Task prompt: Your job is to copy the lines from the material that include "IsNext".

Given entries:
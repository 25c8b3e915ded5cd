// The group size shift of a frame, and the groups that it determines (Specification 7.1, 7.2).
ghost use Rattle.std.specs.Prelude.{◌≡◌, ◌<◌, ◌≤◌, MatchOption};
ghost use Rattle.frame.specs.Sizes.{group_dim_of, split_of};

use crate::Split;

pub const MAX_GROUP_SIZE_SHIFT: u32 = 3;

// A group size shift in range.
#[derive(Clone, Copy)]
pub struct GroupShift {
    pub value: u32,
    pub ghost in_range: { value ≤ 3 },
}

impl GroupShift {
    // The shift, or `None` if it is over 3.
    pub fn new(value: u32) -> Option<GroupShift>
        ensures { MatchOption result (3 < value) (λ shift. shift.value ≡ value) }
    {
        if MAX_GROUP_SIZE_SHIFT < value {
            return None;
        }
        Some(GroupShift { value })
    }

    // The group dimension, in blocks.
    pub fn dim(self) -> u32
        ensures dim { result ≡ group_dim_of self.value }
        ensures range { (128 ≤ result) × (result ≤ 1024) }
    {
        128 << self.value
    }

    // The group of a column or row of blocks, and its cell in that group.
    pub fn split(self, block: u32) -> Split
        ensures { result ≡ split_of block self.value }
    {
        let dim = self.dim();
        Split {
            group: block >> u32::trailing_zeros(dim),
            inner: block & (dim - 1),
        }
    }
}
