ghost use Rattle.std.specs.Prelude.{◌≡◌, IfOk, take};
ghost use Rattle.std.specs.Map.{values_of};
ghost use Rattle.pb_tuner.specs.Tuned.{IsNext, IsRanking, fits};

use crate::copies::copy_config;
use crate::journal::Asked;
use crate::judge::Cost;
use pb_program::Config;
use std::alloc::{AllocError, Global};
use std::collections::BTreeMap;

/// The most members of a population that were selected.
const MOST_MEMBERS: usize = 4;

// The earliest fit configuration of each cost, by cost.
fn rank(alloc: Global, asked: &[Asked]) -> Result<BTreeMap<u64, Config>, AllocError>
    ensures { IfOk result (λ ranking. IsRanking (fits asked.now) ranking.entries) }
{
    let mut ranking = BTreeMap::new(alloc);
    for answer in asked {
        if let Cost::Fit(cost) = answer.cost {
            if !ranking.contains_key(&cost) {
                ranking.insert(cost, copy_config(alloc, &answer.config)?)?;
            }
        }
    }
    Ok(ranking)
}

// The configurations of the least costs.
fn cheapest(alloc: Global, ranking: BTreeMap<u64, Config>) -> Result<Vec<Config>, AllocError>
    ensures { IfOk result (λ members. members.items ≡ take 4 (values_of ranking.entries)) }
{
    let mut members: Vec<Config> = ranking.into_values().collect(alloc)?;
    members.truncate(MOST_MEMBERS);
    Ok(members)
}

/// The next population: the configurations of the least costs. Where none is fit it stays.
pub(crate) fn select(
    alloc: Global,
    population: Vec<Config>,
    asked: &[Asked],
) -> Result<Vec<Config>, AllocError>
    ensures { IfOk result (λ next. IsNext population.items asked.now next.items) }
{
    let ranking = rank(alloc, asked)?;
    if ranking.is_empty() {
        return Ok(population);
    }
    cheapest(alloc, ranking)
}
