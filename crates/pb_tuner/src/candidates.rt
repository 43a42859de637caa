ghost use Rattle.std.specs.Prelude.{◌≡◌, ◌++◌, IfOk, IsTrue, OnOk};
ghost use Rattle.std.specs.List.{AllByRecursion, flat_map};
ghost use Rattle.pb_program.specs.Configs.{is_cutoff};
ghost use Rattle.pb_tuner.specs.Tuned.{candidates, extensions};

use crate::copies::copy_config;
use pb_config::extend;
use pb_program::{Config, Site};
use std::alloc::{AllocError, Global};

// Puts the extensions by a site, one for each of its rules that says something new, after the others.
fn add_of_site(
    alloc: Global,
    c: &Config,
    site: &Site,
    size: u64,
    all: &mut Vec<Config>,
) -> Result<(), AllocError>
    requires { IsTrue (is_cutoff size) }
    ensures { OnOk result (all.new.items ≡ all.old.items ++ extensions size c.now site.now) }
{
    for rule in &site.set {
        if let Some(extended) = extend(alloc, c, site, size, *rule)? {
            all.push(extended)?;
        }
    }
    Ok(())
}

// Puts the extensions by all sites after the others.
fn add_of_sites(
    alloc: Global,
    c: &Config,
    sites: &[Site],
    size: u64,
    all: &mut Vec<Config>,
) -> Result<(), AllocError>
    requires { IsTrue (is_cutoff size) }
    ensures { OnOk result (all.new.items ≡ all.old.items ++ flat_map (extensions size c.now) sites.now) }
{
    for site in sites {
        add_of_site(alloc, c, site, size, all)?;
    }
    Ok(())
}

fn copy_configs(alloc: Global, configs: &[Config]) -> Result<Vec<Config>, AllocError>
    ensures { IfOk result (λ copy. copy.items ≡ configs.now) }
{
    let mut copy = Vec::with_capacity(alloc, configs.len())?;
    for config in configs {
        copy.push(copy_config(alloc, config)?)?;
    }
    Ok(copy)
}

/// The candidates at a size: the population, and the extensions of each member.
pub(crate) fn candidates(
    alloc: Global,
    sites: &[Site],
    size: u64,
    population: &[Config],
) -> Result<Vec<Config>, AllocError>
    requires { IsTrue (is_cutoff size) }
    ensures { IfOk result (λ all. all.items ≡ candidates sites.now size population.now) }
{
    let mut all = copy_configs(alloc, population)?;
    for member in population {
        add_of_sites(alloc, member, sites, size, &mut all)?;
    }
    Ok(all)
}
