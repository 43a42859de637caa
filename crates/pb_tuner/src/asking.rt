ghost use Rattle.std.specs.Prelude.{◌<◌, ◌^◌, IfErr, IfOk, IsTrue};
ghost use Rattle.std.specs.List.{AllByRecursion};
ghost use Rattle.pb_program.specs.Configs.{IsValid, is_cutoff};
ghost use Rattle.pb_tuner.specs.Judged.{Stays};
ghost use Rattle.pb_tuner.specs.Tuned.{AreAsked, AreTold, IsStop};

use crate::fault::TuneFault;
use crate::journal::Asked;
use crate::judge::{Cost, Judge};
use pb_program::Config;
use std::alloc::Global;

/// Asks the judge for the cost of each configuration at a size. So many answers were given before.
pub(crate) fn ask_all<J: Judge>(
    alloc: Global,
    judge: &mut J,
    size: u64,
    configs: Vec<Config>,
    before: u64,
) -> Result<Vec<Asked>, TuneFault>
    requires valid { AllByRecursion (IsValid (J.program judge.old)) configs.items }
    requires size { IsTrue (is_cutoff size) }
    requires before { before < 2 ^ 63 }
    ensures asked { IfOk result (λ all. AreAsked size configs.items all.items) }
    ensures told { IfOk result (λ all. AreTold (J.told judge.old) all.items) }
    ensures stays { Stays J.program J.told J.faults judge.old judge.new }
    ensures fault { IfErr result (IsStop size configs.items (J.told judge.old) before (J.faults judge.old) (J.faults judge.new)) }
{
    let mut all = Vec::with_capacity(alloc, configs.len())?;
    for config in configs {
        let cost = judge.cost(&config, size)?;
        if cost == Cost::Failed {
            let asked = before + all.len() as u64;
            return Err(TuneFault::JudgeFault { size, asked });
        }
        all.push(Asked { size, config, cost })?;
    }
    Ok(all)
}
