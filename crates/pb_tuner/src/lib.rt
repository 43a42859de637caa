//! The tuner: it finds a configuration from small sizes to large ones, by the costs that a judge answers.
//!
//! In: a program with its sites, the largest size, and a judge. Out: a configuration, and the journal of all that was asked
//! with the answers; or where the judge failed. The theorem: `tune` answers a configuration that is valid for the program
//! and tuned, which the journal shows; where the judge tells its costs, there is just one such answer
//! (`told_costs_have_a_tuning`, `told_costs_have_one_tuning`).
#![tactic(auto)]

mod asking;
mod candidates;
mod copies;
mod fault;
mod journal;
mod judge;
mod laws;
mod selection;
mod tuning;

pub use fault::TuneFault;
pub use journal::{Asked, Journal};
pub use judge::{Cost, Judge};
pub use laws::{told_costs_have_a_tuning, told_costs_have_one_tuning};
pub use tuning::tune;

Your response:
ghost use Rattle.pb_tuner.specs.Tuned.{IsNext, IsRanking, fits};
    ensures { IfOk result (λ next. IsNext population.items asked.now next.items) }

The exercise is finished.